DATA EXTRACTS
┌──

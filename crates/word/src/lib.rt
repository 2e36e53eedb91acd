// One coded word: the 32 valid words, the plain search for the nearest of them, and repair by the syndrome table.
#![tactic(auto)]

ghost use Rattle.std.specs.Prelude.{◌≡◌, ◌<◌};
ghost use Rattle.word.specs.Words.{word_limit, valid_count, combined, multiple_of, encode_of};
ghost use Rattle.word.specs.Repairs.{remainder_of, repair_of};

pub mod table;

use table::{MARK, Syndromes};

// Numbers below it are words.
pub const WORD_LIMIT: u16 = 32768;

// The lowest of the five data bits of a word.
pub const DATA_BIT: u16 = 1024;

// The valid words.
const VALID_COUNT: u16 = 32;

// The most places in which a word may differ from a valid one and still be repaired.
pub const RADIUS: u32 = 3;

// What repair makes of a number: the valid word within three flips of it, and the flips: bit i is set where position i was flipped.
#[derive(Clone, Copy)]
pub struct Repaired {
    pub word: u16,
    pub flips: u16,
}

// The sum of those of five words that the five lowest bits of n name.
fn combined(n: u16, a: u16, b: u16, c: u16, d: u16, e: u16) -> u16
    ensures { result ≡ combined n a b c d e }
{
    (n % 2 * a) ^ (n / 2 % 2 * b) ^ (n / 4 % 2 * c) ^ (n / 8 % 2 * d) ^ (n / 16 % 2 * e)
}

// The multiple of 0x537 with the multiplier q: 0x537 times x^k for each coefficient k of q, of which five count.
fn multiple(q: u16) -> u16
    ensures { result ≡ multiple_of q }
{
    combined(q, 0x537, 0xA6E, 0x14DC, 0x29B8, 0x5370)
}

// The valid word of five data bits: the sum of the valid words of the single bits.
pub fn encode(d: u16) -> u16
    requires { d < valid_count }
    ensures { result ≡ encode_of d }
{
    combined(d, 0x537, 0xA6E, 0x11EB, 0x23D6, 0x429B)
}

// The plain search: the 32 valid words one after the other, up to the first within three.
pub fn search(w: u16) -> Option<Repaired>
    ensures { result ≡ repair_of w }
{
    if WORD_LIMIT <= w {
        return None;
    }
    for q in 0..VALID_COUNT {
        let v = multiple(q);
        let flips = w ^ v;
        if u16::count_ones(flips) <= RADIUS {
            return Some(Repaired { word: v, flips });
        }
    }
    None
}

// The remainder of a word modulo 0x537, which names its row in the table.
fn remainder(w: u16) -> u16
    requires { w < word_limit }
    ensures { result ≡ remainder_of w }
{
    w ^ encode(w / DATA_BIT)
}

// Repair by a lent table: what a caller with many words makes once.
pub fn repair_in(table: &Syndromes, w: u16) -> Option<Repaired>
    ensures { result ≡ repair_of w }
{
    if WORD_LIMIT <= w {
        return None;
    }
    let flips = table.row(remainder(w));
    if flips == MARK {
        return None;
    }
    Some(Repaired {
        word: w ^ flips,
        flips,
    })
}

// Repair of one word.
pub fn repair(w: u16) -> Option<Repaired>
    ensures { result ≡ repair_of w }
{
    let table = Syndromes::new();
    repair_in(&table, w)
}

└──
┌──

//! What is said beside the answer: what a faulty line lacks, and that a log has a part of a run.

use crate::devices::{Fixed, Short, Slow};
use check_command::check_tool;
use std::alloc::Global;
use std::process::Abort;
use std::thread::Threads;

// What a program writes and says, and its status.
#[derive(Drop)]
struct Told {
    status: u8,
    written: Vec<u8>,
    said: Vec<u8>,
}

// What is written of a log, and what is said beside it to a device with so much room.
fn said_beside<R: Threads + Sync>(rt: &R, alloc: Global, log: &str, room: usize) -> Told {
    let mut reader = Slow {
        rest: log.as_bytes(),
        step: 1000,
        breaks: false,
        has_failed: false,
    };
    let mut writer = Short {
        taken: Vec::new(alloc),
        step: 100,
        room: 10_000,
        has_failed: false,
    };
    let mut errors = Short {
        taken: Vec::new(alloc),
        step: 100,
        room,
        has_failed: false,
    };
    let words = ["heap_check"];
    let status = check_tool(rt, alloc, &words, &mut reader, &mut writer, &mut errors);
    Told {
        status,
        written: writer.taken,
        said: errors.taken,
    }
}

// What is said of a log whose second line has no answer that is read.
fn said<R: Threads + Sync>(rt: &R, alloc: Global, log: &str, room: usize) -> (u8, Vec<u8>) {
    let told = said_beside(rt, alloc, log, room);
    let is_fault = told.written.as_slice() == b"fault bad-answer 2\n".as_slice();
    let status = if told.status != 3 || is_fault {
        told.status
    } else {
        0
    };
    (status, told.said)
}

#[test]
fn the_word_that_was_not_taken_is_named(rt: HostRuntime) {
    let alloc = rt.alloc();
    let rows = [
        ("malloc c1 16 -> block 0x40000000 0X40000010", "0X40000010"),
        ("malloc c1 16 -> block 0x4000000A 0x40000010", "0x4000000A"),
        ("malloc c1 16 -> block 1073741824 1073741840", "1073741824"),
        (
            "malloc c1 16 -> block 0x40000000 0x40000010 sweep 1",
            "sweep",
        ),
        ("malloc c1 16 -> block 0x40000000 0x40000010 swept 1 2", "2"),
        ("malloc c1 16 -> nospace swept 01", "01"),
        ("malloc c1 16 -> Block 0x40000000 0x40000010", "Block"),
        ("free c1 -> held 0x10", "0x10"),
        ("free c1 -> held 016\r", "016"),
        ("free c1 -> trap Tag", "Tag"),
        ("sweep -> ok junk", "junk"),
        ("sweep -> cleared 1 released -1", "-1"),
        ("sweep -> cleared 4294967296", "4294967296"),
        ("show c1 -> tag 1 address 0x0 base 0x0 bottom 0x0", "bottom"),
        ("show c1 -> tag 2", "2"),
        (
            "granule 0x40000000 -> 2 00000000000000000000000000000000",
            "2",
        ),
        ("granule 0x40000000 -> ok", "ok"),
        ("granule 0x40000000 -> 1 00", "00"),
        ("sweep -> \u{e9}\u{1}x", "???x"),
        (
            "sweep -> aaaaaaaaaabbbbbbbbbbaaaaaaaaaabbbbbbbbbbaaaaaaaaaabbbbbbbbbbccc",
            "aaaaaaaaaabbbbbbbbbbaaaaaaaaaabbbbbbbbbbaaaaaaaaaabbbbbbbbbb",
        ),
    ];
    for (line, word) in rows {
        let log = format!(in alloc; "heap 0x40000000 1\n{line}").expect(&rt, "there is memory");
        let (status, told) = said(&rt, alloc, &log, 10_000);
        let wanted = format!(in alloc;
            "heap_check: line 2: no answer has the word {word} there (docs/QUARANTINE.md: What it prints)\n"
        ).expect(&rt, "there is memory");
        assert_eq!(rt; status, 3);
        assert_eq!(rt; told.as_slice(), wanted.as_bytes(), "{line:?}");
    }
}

└──

REQUIREMENT
In the entries, find every line holding "RADIUS" and copy it.

REPLY TO THE TASK
pub const RADIUS: u32 = 3;
        if u16::count_ones(flips) <= RADIUS {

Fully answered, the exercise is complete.